Singularity Summit Hits San Francisco
| Ah, crap... |
One of us has scored a seat next to the magician Andrew Mayne, an acquaintance from Florida, who we didn't even know would be on this flight. As it happens, he is going to San Francisco for the same reason we are: To plot the annihilation of humanity.
That's an oversimplification, but true in essence. No matter how you slice it, we expect that most of the men and women we shall encounter this weekend will agree that humanity (at least in its fleshy/hormone-addled/war-mongering present state) is on the way out. What's debatable is whether we're going to be 1) destroyed utterly, 2) gradually, pleasantly replaced by technology-enhanced, better versions of ourselves, or 3) experience something even weirder less predictable.
Such are the subjects of conversation at The Singularity Summit. The Singularity is a thing debated passionately by those who love or fear it; seldom agreed upon by those who are supposed to know about it, and callously dismissed by people who ought to know better. What the Singularity is, basically, is a hypothetical moment in the (relatively) near future when a computer (or computer program) achieves ever-so-slightly-greater-than-human intelligence.
| See you soon? |
The one of us sitting next to Andrew Mayne has spent the last three hours discussing precisely these contingencies. Sample snippet, from Mayne: "People have this idea that we're going to have this computer-brain in a box, like something out of Isaac Asimov. It's very 1950s -- this stand-alone machine, you talk to it, you tinker, you make improvements. But that's probably not how it's going to be.
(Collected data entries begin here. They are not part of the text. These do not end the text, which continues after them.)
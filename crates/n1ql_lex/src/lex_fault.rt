ghost use Rattle.std.specs.Prelude.{◌≡◌};

use n1ql_value::Memory;

/// Why a text has no tokens.
#[derive(Clone, Copy, Debug, PartialEq, Eq)]
pub enum LexFault {
    /// No token stands at this place, a byte place in the text.
    Fault { at: usize },
    /// Memory ran out.
    Memory,
}

impl From<Memory> for LexFault {
    ghost use Rattle.std.specs.Prelude.{◌≡◌};
    ghost use Rattle.n1ql_lex.specs.declared.lex_fault.LexFault.TheVariants.{Memory};

    ghost from_gives = { λ _ fault. fault ≡ Memory };

    fn from(_memory: Memory) -> LexFault {
        LexFault::Memory
    }
}
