//! The units of a document: the trees that are evaluated in order to show it.
//!
//! They are, in this order, those of the base style, those of the styles that the document names, those of its initial
//! environment, and the paragraphs of its body. Contracts see units as records, and the whole list is `units` of
//! `specs/Units.antt`; how many nodes it takes to make it is `made` there. The base style is in `specs/BaseStyle.antt`,
//! and where a document has its styles, its initial environment and its paragraphs is in `specs/Documents.antt`.
#![tactic(auto)]

mod base;
mod bodies;
mod documents;
mod initial;
mod inside;
mod kinds;
mod laws;
mod lists;
mod styles;
mod tags;

pub use base::{BASE_UNITS, base_units};
pub use inside::leaves_others;
pub use kinds::{Unit, UnitKind};
pub use laws::{base_law, body_laws, inside_law, unit_count_law};
pub use lists::{units, units_over};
Well before we have a smarter-than-human computer, we're going to have thousands of these computers with almost-human intelligence, each designed with very particular tasks in mind, and each one enormously powerful. So what if a slightly smarter one emerges and goes haywire? There will be extraordinary computational resources available to combat it."
Mayne -- who is known internationally as the founder of iTricksand WeirdThings.com -- is an optimist. Many of those at the Summit are greater optimists than he. Some are much, much more pessimistic. But none doubt that the era of computer-level human intelligences is nearly upon us. The gradual mainstreaming of the idea is exemplified by the presence, somewhere on this plane, of James Randi.
Randi is himself a retired magician. (He prefers the term "conjurer.") Now 82, he has spent the past 40 years pursuing a second career as an educator, warning the public away from the uncritical acceptance of "extraordinary claims." Originally, he embarked upon this career to combat the ascendant New Age movement, with its fraudulent psychics, spoon-benders, faith healers and mind-readers -- most of whom, Randi well knew, were tricksters passing off stunts as miracles. Randi still goes after supernaturalists, but in recent years has turned his attention increasingly to pseudoscience. In particular, Randi has publicly locked horns both with homeopaths and the anti-vaccine movement.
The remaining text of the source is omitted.